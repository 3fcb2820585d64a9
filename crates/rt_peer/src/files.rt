//! Which bytes are the file that metadata names.
ghost use Rattle.std.specs.Prelude.{◌≡◌, Ok};
ghost use Rattle.rt_peer.specs.Files.{Comes, decoded_as, file_in, header_by, named_in, same_header};

use crate::PeerFault;
use rt_base::{Header, Partition, Range, Sequence};
use rt_model::{Commit, SegMeta};
use rt_segment::{Sealed, SegmentRefused, decode};
use std::alloc::Global;

/// The header that the metadata of a commit names.
pub(crate) fn header_by(
    partition: Partition,
    sequence: Sequence,
    meta: &SegMeta,
    commit: &Commit,
) -> Header
    ensures { result ≡ header_by partition sequence meta.now commit.now }
{
    Header {
        partition,
        sequence,
        range: Range {
            start: meta.start,
            end: commit.end,
        },
        rows: commit.rows,
        digest: commit.digest,
    }
}

/// The segment in some bytes, where they are the wanted file. Fails only where memory is refused.
#[tactic(auto, using(crate::proofs::Decoding::decoded_is))]
pub(crate) fn file_in(
    alloc: Global,
    wanted: Header,
    bytes: &[u8],
) -> Result<Option<Sealed>, PeerFault>
    ensures { Comes (Ok (file_in wanted bytes.now)) result }
{
    decoded_as(alloc, wanted, decode(alloc, bytes))
}

/// What decoded bytes are, where a file with this header is wanted. Fails only where memory is refused.
fn decoded_as(
    alloc: Global,
    wanted: Header,
    decoded: Result<Sealed, SegmentRefused>,
) -> Result<Option<Sealed>, PeerFault>
    ensures { Comes (decoded_as wanted decoded) result }
{
    match decoded {
        Ok(sealed) => named_in(alloc, wanted, sealed),
        Err(SegmentRefused::Memory) => Err(PeerFault::Memory),
        Err(_) => Ok(None),
    }
}

/// A segment, where it has this header. Fails only where memory is refused.
fn named_in(alloc: Global, wanted: Header, sealed: Sealed) -> Result<Option<Sealed>, PeerFault>
    ensures { Comes (Ok (named_in wanted sealed)) result }
{
    let found = sealed.header(alloc)?;
    if same_header(found, wanted) {
        Ok(Some(sealed))
    } else {
        Ok(None)
    }
}

fn same_header(found: Header, wanted: Header) -> bool
    ensures { result ≡ same_header found wanted }
{
    found.partition == wanted.partition
        && found.sequence == wanted.sequence
        && found.range.start == wanted.range.start
        && found.range.end == wanted.range.end
        && found.rows == wanted.rows
        && found.digest == wanted.digest
}
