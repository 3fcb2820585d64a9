//! The laws of what lies ahead of replicas that ask: an answer puts a replica off, or leaves less ahead of it. They are about
//! definitions alone, and stand on functions that do nothing.
#![tactic(auto)]

mod laws;

pub use laws::{
    a_machine_that_has_waited_picks_or_ends, a_machine_waits_for_its_committer,
    a_partition_has_at_most_as_many_commits_as_messages,
    a_step_of_the_ideal_state_adds_no_more_than_its_replicas,
    an_answer_makes_wait_or_leaves_less_ahead_still, an_answer_puts_off_or_leaves_less_ahead,
    replicas_are_put_off_or_leave_less_ahead, settle_ends_where_nobody_is_put_off,
    settle_ends_where_nobody_is_put_off_or_done, settle_ends_where_nobody_is_told_to_hold,
};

● ● ● ● ● ● ●

» Problem:
The response must reproduce the whole listing exactly.

» Solution to this task:
repository 3fcb2820585d64a9
filename crates/rt_peer/src/files.rt
//! Which bytes are the file that metadata names.
ghost use Rattle.std.specs.Prelude.{◌≡◌, Ok};
ghost use Rattle.rt_peer.specs.Files.{Comes, decoded_as, file_in, header_by, named_in, same_header};

use crate::PeerFault;
use rt_base::{Header, Partition, Range, Sequence};
use rt_model::{Commit, SegMeta};
use rt_segment::{Sealed, SegmentRefused, decode};
use std::alloc::Global;

/// The header that the metadata of a commit names.
pub(crate) fn header_by(
    partition: Partition,
    sequence: Sequence,
    meta: &SegMeta,
    commit: &Commit,
) -> Header
    ensures { result ≡ header_by partition sequence meta.now commit.now }
{
    Header {
        partition,
        sequence,
        range: Range {
            start: meta.start,
            end: commit.end,
        },
        rows: commit.rows,
        digest: commit.digest,
    }
}

/// The segment in some bytes, where they are the wanted file. Fails only where memory is refused.
#[tactic(auto, using(crate::proofs::Decoding::decoded_is))]
pub(crate) fn file_in(
    alloc: Global,
    wanted: Header,
    bytes: &[u8],
) -> Result<Option<Sealed>, PeerFault>
    ensures { Comes (Ok (file_in wanted bytes.now)) result }
{
    decoded_as(alloc, wanted, decode(alloc, bytes))
}

/// What decoded bytes are, where a file with this header is wanted. Fails only where memory is refused.
fn decoded_as(
    alloc: Global,
    wanted: Header,
    decoded: Result<Sealed, SegmentRefused>,
) -> Result<Option<Sealed>, PeerFault>
    ensures { Comes (decoded_as wanted decoded) result }
{
    match decoded {
        Ok(sealed) => named_in(alloc, wanted, sealed),
        Err(SegmentRefused::Memory) => Err(PeerFault::Memory),
        Err(_) => Ok(None),
    }
}

/// A segment, where it has this header. Fails only where memory is refused.
fn named_in(alloc: Global, wanted: Header, sealed: Sealed) -> Result<Option<Sealed>, PeerFault>
    ensures { Comes (Ok (named_in wanted sealed)) result }
{
    let found = sealed.header(alloc)?;
    if same_header(found, wanted) {
        Ok(Some(sealed))
    } else {
        Ok(None)
    }
}

fn same_header(found: Header, wanted: Header) -> bool
    ensures { result ≡ same_header found wanted }
{
    found.partition == wanted.partition
        && found.sequence == wanted.sequence
        && found.range.start == wanted.range.start
        && found.range.end == wanted.range.end
        && found.rows == wanted.rows
        && found.digest == wanted.digest
}
repository 3fcb2820585d64a9
//! The laws of what lies ahead of replicas that ask: an answer puts a replica off, or leaves less ahead of it. They are about
//! definitions alone, and stand on functions that do nothing.
#![tactic(auto)]

mod laws;

pub use laws::{
    a_machine_that_has_waited_picks_or_ends, a_machine_waits_for_its_committer,
    a_partition_has_at_most_as_many_commits_as_messages,
    a_step_of_the_ideal_state_adds_no_more_than_its_replicas,
    an_answer_makes_wait_or_leaves_less_ahead_still, an_answer_puts_off_or_leaves_less_ahead,
    replicas_are_put_off_or_leave_less_ahead, settle_ends_where_nobody_is_put_off,
    settle_ends_where_nobody_is_put_off_or_done, settle_ends_where_nobody_is_told_to_hold,
};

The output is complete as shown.